0

VIH : la politique de l’autruche de l’Europe de l’Est

CARDIFF, CALIFORNIE – La Russie et l’Ukraine abritent près de 90 pour cent du million et demi de personnes qui seraient infectées par le VIH en Europe centrale et de l’Est. Lors d’une récente visite dans ces pays, et malgré des demandes réitérées, je n’ai pu rencontrer aucun politicien ou responsable de la santé publique. Aucun n’a donné suite aux appels téléphoniques, aux fax ou aux courriels que je leur ai envoyé à mon retour aux Etats-Unis.

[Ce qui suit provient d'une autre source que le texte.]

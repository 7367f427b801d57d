// What a cost is: the interfaces of a cost kind, a strict kind and a pricing, and the pair of two kinds. The planner is
// proved once for every kind that implements them. Each interface has its meaning as ghost members and its laws beside
// them; the pair promises that it keeps the laws of a cost kind whatever its two kinds are, if the first is strict. The
// crate uses the laws' definitions and theorems only.
#![tactic(auto)]

pub mod costs;
pub mod pair;
pub mod pair_cost;

pub use costs::{Cost, Pricing, Strict};
pub use pair::Pair;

Le VIH se répand de manière épidémique dans ces deux pays en raison de l’injection de drogues par des toxicomanes qui partagent les mêmes seringues, le moyen le plus sûr de transmettre le virus. Il existe pourtant des méthodes éprouvées pour ralentir la propagation du VIH par les toxicomanes.

Dans le cas de toxicomanes qui s’injectent de l’héroïne ou d’autres substances opiacées – le cas le plus courant en Europe de l’Est – mettre sur pied des traitements de substitution, par la méthadone ou le buprénorphine, peut très nettement ralentir la transmission du VIH. La réussite de tels programmes implique également de donner aux toxicomanes un accès à du matériel d’injection dans des centres d’échanges bien placés, à la fois pour qu’ils disposent d’aiguilles et de seringues propres et pour les intégrer dans les systèmes de soins de santé. Enfin, les toxicomanes doivent pouvoir bénéficier d’informations et de conseils.

Ces trois piliers forment la fondation d’une politique définie par les professionnels de la santé comme la « réduction des risques liés à la toxicomanie ». Mais ni la Russie, ni l’Ukraine ne consacrent d’argent à cette réduction des risques.